What this blog is not!

This blog is not a comprehensive tutorial on GA4, BigQuery, or the combination of the two. This blog is a means to an end to get you up and running with a real-time dashboard. If you want to understand all of the detailed aspects of BigQuery & GA4, I'd advise taking the Simmer course led by Johan van de Werken — it's a deep dive into GA4 & BigQuery. Our approach today is to empower marketers to find a critical report that they may be missing. We'll be taking shortcuts and skipping some basic definitions. You've been warned — now let's go!

The problem with GA4 data

There are a lot of issues with GA4 but there's one that comes up time and time again. One that just causes heartbreak among so many of my clients. One that rips people's souls in half as I see them wince every time I mention it — yesterday and today's data just doesn't work properly in GA4. The data doesn't fully exist in the platform until 48 hours go by.

According to Google Analytics documentation, GA4 can take up to 48 hours to process data from your website or app. I've seen the data processing times be both fast and slow, but the fact is you can't rely on the data populating quickly. This can be a real pain-in-the-neck for all businesses, but especially for those in the ecommerce industry.

But Josh! How am I going to see how my holiday sale is performing? How can we make quick decisions to see how our campaigns are converting YoY or even DoD? Can we at least go into real time to get a gut check of how our campaigns are performing in the last 30 minutes? We just sent an email out — are people clicking it?

Real-Time Fails in GA4

Well, that's kind of complicated too. GA4 currently displays only the first touch information in real-time on an aggregate level.

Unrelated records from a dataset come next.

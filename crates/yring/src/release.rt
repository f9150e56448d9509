// The release batch: how many consumed places go back to the sender at once (receiver/lane.rs, `Lane::new`).
ghost use Rattle.std.specs.Prelude.{◌≡◌};
ghost use Rattle.yring.specs.Cursor.{Capacity};
ghost use Rattle.model.specs.State.{release_batch};

// The least batch, where the ring is not smaller.
const MIN_RELEASE_BATCH: u64 = 64;

// min(max(C / 2 rounded up, 64), C)
pub fn release_batch(capacity: u64) -> u64
    requires { Capacity capacity }
    ensures { result ≡ release_batch capacity }
{
    capacity.div_ceil(2).max(MIN_RELEASE_BATCH).min(capacity)
}
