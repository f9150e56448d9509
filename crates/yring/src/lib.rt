#![tactic(auto)]
// The ring of one sender, over a lent store: its cursors, its places and its release batch.
pub mod release;
pub mod ring;
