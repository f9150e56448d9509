// A ring of items in a lent store: yring/src/ring.rs, serially, with u64 cursors that wrap.
ghost use Rattle.std.specs.Prelude.{◌≡◌, ◌+◌, ◌^◌, ◌<◌, ◌≤◌, length, slice_set};
ghost use Rattle.yring.specs.Lists.{written};
ghost use Rattle.yring.specs.Cursor.{after, distance, Capacity};
ghost use Rattle.yring.specs.Ring.{Within, new_ring, index, item_at, items, run, push, put, pop_into, accepted_prefix};

// Where a lane's ring lies in the ring store.
#[derive(Clone, Copy)]
pub struct Ring {
    pub base: u64,
    pub capacity: u64,
}

// The cursor after an item, and how many places are free then.
#[derive(Clone, Copy)]
pub struct Pushed {
    pub cursor: u64,
    pub free: u64,
}

// How far `to` stands after `from`.
pub fn distance(to: u64, from: u64) -> u64
    ensures { result ≡ distance to from }
{
    to.wrapping_sub(from)
}

// The cursor `n` further.
pub fn after(cursor: u64, n: u64) -> u64
    ensures { result ≡ after cursor n }
{
    cursor.wrapping_add(n)
}

// How many places are free where so many are in use; 0 exactly if all are. It wraps where more are.
fn free_places(capacity: u64, used: u64) -> u64
    ensures { (result ≡ distance capacity used) × (result ≡ 0 → used ≡ capacity) }
{
    distance(capacity, used)
}

impl Ring {
    // The ring of a slot.
    pub fn new(slot: u64, capacity: u64) -> Self
        requires { (slot < 8192) × (capacity ≤ 65536) }
        ensures { result ≡ new_ring slot capacity }
    {
        Ring {
            base: slot * capacity,
            capacity,
        }
    }

    // Where a cursor's item stands. The capacity is a power of two, so the mask is the remainder.
    pub fn index(self, cursor: u64) -> usize
        requires { Capacity self.capacity × (self.base + self.capacity < 2 ^ 64) }
        ensures { (result ≡ index self cursor) × (result < self.base + self.capacity) }
    {
        (self.base + (cursor & (self.capacity - 1))) as usize
    }

    // The cursor after a push and the places that are left, unless the ring is full. A place is in use
    // until its credit is back. The item's word is `put` once the cursor is
    // stored: the compiler then sees which words of the lane did not change.
    pub fn push(self, cursor: u64, released: u64) -> Option<Pushed>
        ensures { result ≡ push self cursor released }
    {
        let free = free_places(self.capacity, distance(cursor, released));
        if free == 0 {
            return None;
        }
        Some(Pushed {
            cursor: after(cursor, 1),
            free: free - 1,
        })
    }

    // Stores an item at a cursor.
    pub fn put(self, store: &mut [u64], cursor: u64, item: u64)
        requires { Within self (length store.old) }
        ensures { store.new ≡ put self store.old cursor item }
    {
        put_at(store, self.index(cursor), item);
    }

    // The item at a cursor.
    pub fn item_at(self, store: &[u64], cursor: u64) -> u64
        requires { Within self (length store.now) }
        ensures { result ≡ item_at self store.now cursor }
    {
        let at = self.index(cursor);
        store[at]
    }

    // How many of the `count` items from the head on stand before the first that is above `bound`.
    pub fn accepted_prefix(self, store: &[u64], head: u64, count: u64, bound: u64) -> u64
        requires { Within self (length store.now) }
        ensures { (result ≡ accepted_prefix bound (items self store.now head count)) × (result ≤ count) }
    {
        let mut accepted = 0;
        while accepted < count {
            if self.item_at(store, after(head, accepted)) > bound {
                return accepted;
            }
            accepted += 1;
        }
        accepted
    }

    // Moves the `count` items from the head on to the output: up to the ring's end, then from its start. The output is lent, and the place stands beside it:
    // crate `queues`, module `header`, has why.
    pub fn pop_into(self, store: &[u64], head: u64, count: u64, out: &mut [u64], at: usize)
        requires { Within self (length store.now) × (count ≤ self.capacity) × (count ≤ 64) × (at + count ≤ length out.old) }
        ensures { out.new ≡ pop_into self store.now head count out.old at }
    {
        let n = count as usize;
        let start = self.index(head);
        let base = self.base as usize;
        let end = base + self.capacity as usize;
        if n <= end - start {
            move_slots(store, start, n, out, at);
            return;
        }
        let first = end - start;
        move_slots(store, start, first, out, at);
        move_slots(store, base, n - first, out, at + first);
    }
}

// Stores an item at its place.
pub fn put_at(store: &mut [u64], at: usize, item: u64)
    requires { at < length store.old }
    ensures { store.new ≡ slice_set store.old at item }
{
    store[at] = item;
}

// Moves `len` words that stand together. They go through an array of this function, which overlaps
// neither slice: the compiler then leaves the array out, and has the C library move them. From slice to slice, or by
// `copy_from_slice` through the array, a batch takes longer.
fn move_slots(src: &[u64], start: usize, len: usize, out: &mut [u64], at: usize)
    requires { (start + len ≤ length src.now) × (len ≤ 64) × (at + len ≤ length out.old) }
    ensures { out.new ≡ written out.old at (run src.now start len) }
{
    let mut block = [0; 64];
    copy_words(src, start, len, &mut block, 0);
    copy_words(&block, 0, len, out, at);
}

// Copies words one by one.
fn copy_words(src: &[u64], start: usize, len: usize, out: &mut [u64], at: usize)
    requires { (start + len ≤ length src.now) × (at + len ≤ length out.old) }
    ensures { out.new ≡ written out.old at (run src.now start len) }
{
    for i in 0..len {
        out[at + i] = src[start + i];
    }
}
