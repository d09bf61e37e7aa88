// The archive of what host/bench measures of cards: each export calls the function of the same name in `card_speed`, whose clauses it has.
#![tactic(auto)]

ghost use Rattle.card_speed.specs.Works.{MeasuresGood, MeasuresFind, MeasuresCompare};

// 1 where the card is good, else 0.
#[unsafe(no_mangle)]
pub extern "C" fn tlilcueyoh_speed_good(card: &[u8]) -> u64
    ensures { MeasuresGood card.now result }
{
    card_speed::tlilcueyoh_speed_good(card)
}

// How many bytes a find hands back.
#[unsafe(no_mangle)]
pub extern "C" fn tlilcueyoh_speed_find(card: &[u8], recipe: u64, segment: u64) -> u64
    ensures { MeasuresFind card.now recipe segment result }
{
    card_speed::tlilcueyoh_speed_find(card, recipe, segment)
}

// How many bytes a comparison writes to the front of the output.
#[unsafe(no_mangle)]
pub extern "C" fn tlilcueyoh_speed_compare(first: &[u8], second: &[u8], out: &mut [u8]) -> u64
    ensures { MeasuresCompare first.now second.now out.old result out.new }
{
    card_speed::tlilcueyoh_speed_compare(first, second, out)
}
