/// The server core accepts the signed request as its user's while its nonce is valid, and grants
/// the address that was decided (RFC 8656, section 7.2).
pub fn requests_in_time_are_granted()
    ensures { (plan : Plan) (old w v : World) (reported : List TurnEvent) (ret : Answer)
        (t : Timing) (request : Sent) (bytes : Vec ℕ Global) (now : ℕ) (address : SocketAddr)
        (lifetime : ℕ) (seed : List ℕ)
        → MayBegin plan old
        → IsStageOf plan old reported (Signed request) t w
        → bytes.items ≡ request.bytes
        → now < time_after t.challenged old.desk.auth.nonce_expiry
        → AsksForOne plan.client address
        → IsWhole address
        → IsStep (ToDesk bytes request.from now (by.Allocate (address ∷ []) lifetime) seed) w ret v
        → IsStageOf plan old (reported ++ event_in ret)
        (replied_second request address lifetime ret) t v }
{
    proof_requests_are_read();
    signed_allocates_answer();
    signed_allocates_are_granted();
    successes_are_right();
    relayed_addresses_are_reported();
    messages_are_reported_alike();
}

/// The client handles the success response as it comes. Once all of it has come, it holds the
/// allocation (RFC 8656, section 7.3).
pub fn successes_in_time_are_taken()
    ensures { (plan : Plan) (old w v : World) (reported : List TurnEvent) (ret : Answer)
        (t : Timing) (request : Sent) (address : SocketAddr) (lifetime : ℕ)
        (reply head rest : List ℕ) (bytes : Vec ℕ Global) (now : ℕ)
        → IsStageOf plan old reported (Granted request address lifetime reply head) t w
        → BringsOn plan.client.transport reply head bytes.items rest
        → now ≤ client_end
        → IsStep (ToClient bytes request.to request.from now) w ret v
        → IsStageOf plan old (reported ++ event_in ret)
        (brought_second request address lifetime reply (head ++ bytes.items) rest)
        (arrived now rest t) v }
{
    granted_clients_hold();
    stages_are_unserved();
    messages_reach_clients::<&[u8]>();
}
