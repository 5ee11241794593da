// The call step.
#![tactic(auto)]

ghost use Rattle.std.specs.Prelude.{◌≡◌, List, [], ◌∷◌, ℕ, ◌*◌, ◌<◌, length};
ghost use Rattle.cause.specs.Cause.{number_in};
ghost use Rattle.circuit.specs.Sheet.{size};
ghost use Rattle.circuit.specs.Machine as machine;
ghost use Rattle.circuit.specs.Call as machine_call;
ghost use Rattle.circuit.specs.Calls.{first_cause, test, no_item, no_mark};
ghost use Rattle.layout.specs.Opened.{sheet_of};
ghost use Rattle.layout.specs.Room.{Room};
ghost use Rattle.table.specs.Record.{width};
ghost use Rattle.table.specs.Bytes.{decode_table, OwedKept};
ghost use Rattle.office.specs.Office.{call_on, keeping};
ghost use Rattle.children.specs.Children.{Kept};
ghost use Rattle.admission.specs.Answers.{Did, Tried, Left};
ghost use Rattle.admission.specs.Admission.{ItemOf, call_lent};
ghost use Rattle.stepping.specs.Stepping.{Ready, Prepared};

use cause::{Cause, Fault};
use children::Children;
use item::Sheet;
use memo::Memo;

// The item that is stepped: 11 where there is no such item, 14 where it has no mark.
fn marked(sheet: &Sheet<'_>, table: &[u8], item: u64) -> Result<usize, Cause>
    requires { length table.now ≡ width * size (sheet_of sheet.now) }
    ensures number { number_in result ≡ first_cause (test 11 (no_item (sheet_of sheet.now) item) ∷ test 14 (no_mark (decode_table table.now) item) ∷ []) }
    ensures found { ItemOf sheet.now item result }
{
    let i = admission::in_sheet(sheet, item)?;
    // (By if and else: with then_some the case that is refused would stand nowhere in the text.)
    if table::is_marked(table, i) {
        Ok(i)
    } else {
        Err(Cause::NoMark)
    }
}

// One step. That of a notice tells the children by their list, which is built where the item is owed. The choice is that of
// stepping's `step_item`, which is lent the owed bytes and the list; here a refresh copies no owed byte and builds no list.
fn step_once(
    sheet: &Sheet<'_>,
    table: &mut [u8],
    owed: &mut [u8],
    memo: &mut Memo<'_>,
    children: &mut Children<'_>,
    i: usize,
)
    requires prepared { Prepared sheet.now table.old owed.old memo.old children.old }
    requires within { i < size (sheet_of sheet.now) }
    ensures left { Left sheet.now (machine.step_item (sheet_of sheet.now) (decode_table table.old) i) table.new }
    ensures owed_kept { OwedKept table.old table.new }
{
    if table::is_noticed(table, i) {
        owing::copy_owed(table, owed);
        children.link_once(sheet, owed[i] != 0);
        stepping::tell_and_clear(sheet, table, memo, children, owed, i);
    } else {
        stepping::step_refresh(sheet, table, memo, i);
    }
}

// A step leaves the owed bytes, which stay true: nothing becomes owed by it or stops being owed.
fn step_lent(
    sheet: &Sheet<'_>,
    table: &mut [u8],
    item: u64,
    owed: &mut [u8],
    memo: &mut Memo<'_>,
    children: &mut Children<'_>,
) -> Result<(), Cause>
    requires prepared { Prepared sheet.now table.old owed.old memo.old children.old }
    ensures { (x : List ℕ) → Did (call_lent (sheet_of sheet.now) x table.old (machine_call.step item)) result table.new }
{
    let i = marked(sheet, table, item)?;
    step_once(sheet, table, owed, memo, children, i);
    Ok(())
}

// The call, with scratch arrays, in which nothing is remembered for the generations of its steps, and the lists of children are built
// already or empty: what they hold afterwards is left free.
pub fn step(
    sheet: &[u8],
    index: &[u8],
    table: &mut [u8],
    item: u64,
    offsets: &mut [usize],
    bytes: &mut [u8],
    memo: &mut Memo<'_>,
    children: &mut Children<'_>,
) -> Result<(), Fault>
    requires room { Room sheet.now offsets.old bytes.old }
    requires ready { Ready sheet.now memo.old }
    requires kept { Kept (sheet_of sheet.now) children.old }
    ensures { Tried (call_on sheet.now (keeping index.now table.old) (machine_call.step item)) result table.new }
{
    let sheet = admission::admitted(sheet, index, table, offsets, bytes)?;
    // (By ? and then Ok: ? also makes a Fault of the call's Cause.)
    step_lent(&sheet, table, item, bytes, memo, children)?;
    Ok(())
}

So for instance if I go to our site with a UTM link, you would hope that this attribution source would at least show up somewhere in Realtime to show how many people are on the site from a specific campaign. The first thing I notice in the attribution section of Realtime is that we only have access to First User data. This is not super useful as I don't really care about how a person originally came to my website — I am interested to see why a user is there right now.

Imagine the scenario where you send out 1000 emails about your Black Friday sale and then you navigate to see how many people are on the site from the email you just sent out. Suddenly you see 99 people from an email about March Madness — not super useful, huh?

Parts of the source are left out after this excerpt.